[Directions]:
If a line comes after the one containing "pub fn cells_are_written_in_turn()", leave it out; copy every line before it, and that line too, exactly as written, starting from the first line of the entries.

Collected data entries:
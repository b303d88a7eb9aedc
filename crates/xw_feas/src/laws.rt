//! Laws that state consequences of the definitions.
ghost use Rattle.std.specs.Prelude.{◌≡◌, ℕ, List, map, Option, Ok, Err, ◌↔◌};
ghost use Rattle.xw_words.specs.Dictionary.{Dictionary};
ghost use Rattle.xw_grid.specs.declared.cell.Cell.{Cell};
ghost use Rattle.xw_feas.specs.declared.edit.Refusal.{Refusal};
ghost use Rattle.xw_feas.specs.Board.{Board};
ghost use Rattle.xw_feas.specs.Feasible.{Family, IsSupported};
ghost use Rattle.xw_feas.specs.Greatest.{GreatestIsFeasible, StandingIsFeasible, FeasibleFamilyExists};
ghost use Rattle.xw_feas.specs.PlacedWord.{WordsArePlaced};
ghost use Rattle.xw_feas.specs.State.{State, Action, list_written, after, IsAfter};
ghost use Rattle.xw_feas.specs.Laws.{together, WantNothing, write_of, IsRefusedInTurn};

/// The union of two supported families is supported.
pub fn families_join()
    ensures { (board : Board) (words : Dictionary) (one other : Family) → IsSupported board words one → IsSupported board words other → IsSupported board words (together one other) }
{}

/// The greatest supported family, which contains every other one, has exactly the feasible words and letters. The same
/// is true of flags for words and letters, if they are set only for base words and allowed letters, cover every
/// supported family and support one another.
pub fn greatest_family_is_feasible()
    ensures family { GreatestIsFeasible }
    ensures choices { StandingIsFeasible }
{}

/// Some family has exactly the feasible words and letters.
pub fn feasible_family_exists()
    ensures { FeasibleFamilyExists }
{}

/// If no edit of a list allocates, the list leads to exactly one state and one number of refused
/// edits. The edits that allocate are `Block`, `Bar`, and `Add` of a new word.
pub fn edits_lead_to_one_state()
    ensures { (state one other : State) (list : List Action) (m n : ℕ) → WantNothing state list → IsAfter state list m one → IsAfter state list n other → (m ≡ n) × (one ≡ other) }
{}

/// If no cell of a list is refused, writing the list has the result of writing its cells one by one.
/// Otherwise the list is refused, and its refusal is that of the first refused cell.
pub fn cells_are_written_in_turn()
    ensures accepted { (state next : State) (list : List (Cell × Option ℕ)) → (after state (list_written list) ≡ Ok next) ↔ IsAfter state (map write_of list) 0 next }
    ensures refused { (state : State) (list : List (Cell × Option ℕ)) (refusal : Refusal) → after state (list_written list) ≡ Err refusal → IsRefusedInTurn state list refusal }
{}

/// An accepted `Place` writes each letter of its word into the cell of the light at its position, and changes nothing
/// else.
pub fn words_are_placed()
    ensures { WordsArePlaced }
{}
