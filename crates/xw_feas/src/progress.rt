//! What a search tells while it goes on, and who is told.

/// What places words or letters.
#[derive(Clone, Copy, Debug, PartialEq, Eq)]
pub enum Task {
    Fill,
    Autofill,
    Best,
    Choices,
}

/// What a search tells its engine.
/// - `Begins`: it begins.
/// - `Placed`: how many placements it has made, and how many it may make.
/// - `Graded`: the grade of the worst new word of its best fill, and a bound as in `Progress`.
/// - `Ends`: it has ended.
#[derive(Clone, Copy, Debug, PartialEq, Eq)]
pub enum News {
    Begins(Task),
    Placed { made: u64, limit: u64 },
    Graded { worst: Option<u8>, bound: u8 },
    Ends,
}

/// How far a search is.
/// - `made`, `limit`: how many placements it has made, and how many it may make.
/// - `worst`: the grade of the worst new word of the best fill that it has found.
/// - `bound`: no fill has only words of this grade and better.
#[derive(Clone, Copy, Debug, PartialEq, Eq)]
pub struct Progress {
    pub task: Task,
    pub made: u64,
    pub limit: u64,
    pub worst: Option<u8>,
    pub bound: Option<u8>,
}

impl Progress {
    /// That of a search that begins.
    pub fn begun(task: Task) -> Progress {
        Progress {
            task,
            made: 0,
            limit: 0,
            worst: None,
            bound: None,
        }
    }
}

/// Is told how far a search is. It cannot change the search, and nothing is promised of it.
pub trait Observer: Drop {
    /// Is told how far the search is.
    fn observe(&self, progress: &Progress);

    /// Is told that the search has ended.
    fn end(&self);
}
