//! An iterator over the cells whose feasible letters an edit changed.
ghost use Rattle.std.specs.Prelude.{◌≡◌, length, slice_index_or, IfOk, IsOkUnless};
ghost use Rattle.std.specs.Iterator.{YieldsFirst, item_count};
ghost use Rattle.xw_feas.specs.Changes.{changed_sets};
ghost use Rattle.xw_feas.specs.Changed.{changes_left};

use std::alloc::Global;
use xw_grid::cell::Cell;
use xw_grid::fault::GridFault;
use xw_grid::grid::Grid;
use xw_letters::letter_set::LetterSet;

/// Creates an empty set for each cell of a grid. Returns `Memory` if the allocation fails.
pub fn make_grid_sets(alloc: Global, grid: &Grid) -> Result<Vec<LetterSet>, GridFault>
    ensures ok { IfOk result (λ sets. length sets.items ≡ length grid.now.squares) }
    ensures memory { IsOkUnless result GridFault.Memory }
{
    Ok(vec![in alloc; LetterSet::new(); grid.squares().len()]?)
}

/// The open cells whose feasible letters changed, in reading order, each with its new letters.
#[derive(Drop)]
pub struct Changed<'a> {
    grid: &'a Grid,
    before: &'a [LetterSet],
    after: &'a [LetterSet],
    index: usize,
}

impl<'a> Changed<'a> {
    /// Compares the feasible letters of each cell before and after an edit. The slices are in
    /// reading order; a missing entry counts as an empty set.
    pub fn new(grid: &'a Grid, before: &'a [LetterSet], after: &'a [LetterSet]) -> Changed<'a>
        ensures { changes_left result ≡ changed_sets grid.now before.now after.now 0 }
    {
        Changed {
            grid,
            before,
            after,
            index: 0,
        }
    }
}

impl<'a> Iterator for Changed<'a> {
    ghost use Rattle.xw_feas.specs.Changed.{changes_left};

    type Item = (Cell, LetterSet);

    ghost next_gives = { YieldsFirst changes_left };

    ghost remaining = { item_count changes_left };

    fn next(&mut self) -> Option<(Cell, LetterSet)> {
        while self.index < self.grid.size() {
            let index = self.index;
            self.index += 1;
            let after = set_at(self.after, index);
            // Most sets do not change, and `cell_at` costs a division, so compare first.
            if set_at(self.before, index).is_same(after) {
                continue;
            }
            let cell = self.grid.cell_at(index);
            if self.grid.is_open(cell) {
                return Some((cell, after));
            }
        }
        None
    }
}

/// The set at an index; empty if there is none.
fn set_at(sets: &[LetterSet], index: usize) -> LetterSet
    ensures { result ≡ slice_index_or sets.now index 0 }
{
    sets.get(index).copied().unwrap_or(LetterSet::new())
}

[Solution to this task]:
repository b303d88a7eb9aedc
filename crates/xw_feas/src/laws.rt
//! Laws that state consequences of the definitions.
ghost use Rattle.std.specs.Prelude.{◌≡◌, ℕ, List, map, Option, Ok, Err, ◌↔◌};
ghost use Rattle.xw_words.specs.Dictionary.{Dictionary};
ghost use Rattle.xw_grid.specs.declared.cell.Cell.{Cell};
ghost use Rattle.xw_feas.specs.declared.edit.Refusal.{Refusal};
ghost use Rattle.xw_feas.specs.Board.{Board};
ghost use Rattle.xw_feas.specs.Feasible.{Family, IsSupported};
ghost use Rattle.xw_feas.specs.Greatest.{GreatestIsFeasible, StandingIsFeasible, FeasibleFamilyExists};
ghost use Rattle.xw_feas.specs.PlacedWord.{WordsArePlaced};
ghost use Rattle.xw_feas.specs.State.{State, Action, list_written, after, IsAfter};
ghost use Rattle.xw_feas.specs.Laws.{together, WantNothing, write_of, IsRefusedInTurn};

/// The union of two supported families is supported.
pub fn families_join()
    ensures { (board : Board) (words : Dictionary) (one other : Family) → IsSupported board words one → IsSupported board words other → IsSupported board words (together one other) }
{}

/// The greatest supported family, which contains every other one, has exactly the feasible words and letters. The same
/// is true of flags for words and letters, if they are set only for base words and allowed letters, cover every
/// supported family and support one another.
pub fn greatest_family_is_feasible()
    ensures family { GreatestIsFeasible }
    ensures choices { StandingIsFeasible }
{}

/// Some family has exactly the feasible words and letters.
pub fn feasible_family_exists()
    ensures { FeasibleFamilyExists }
{}

/// If no edit of a list allocates, the list leads to exactly one state and one number of refused
/// edits. The edits that allocate are `Block`, `Bar`, and `Add` of a new word.
pub fn edits_lead_to_one_state()
    ensures { (state one other : State) (list : List Action) (m n : ℕ) → WantNothing state list → IsAfter state list m one → IsAfter state list n other → (m ≡ n) × (one ≡ other) }
{}

/// If no cell of a list is refused, writing the list has the result of writing its cells one by one.
/// Otherwise the list is refused, and its refusal is that of the first refused cell.
pub fn cells_are_written_in_turn()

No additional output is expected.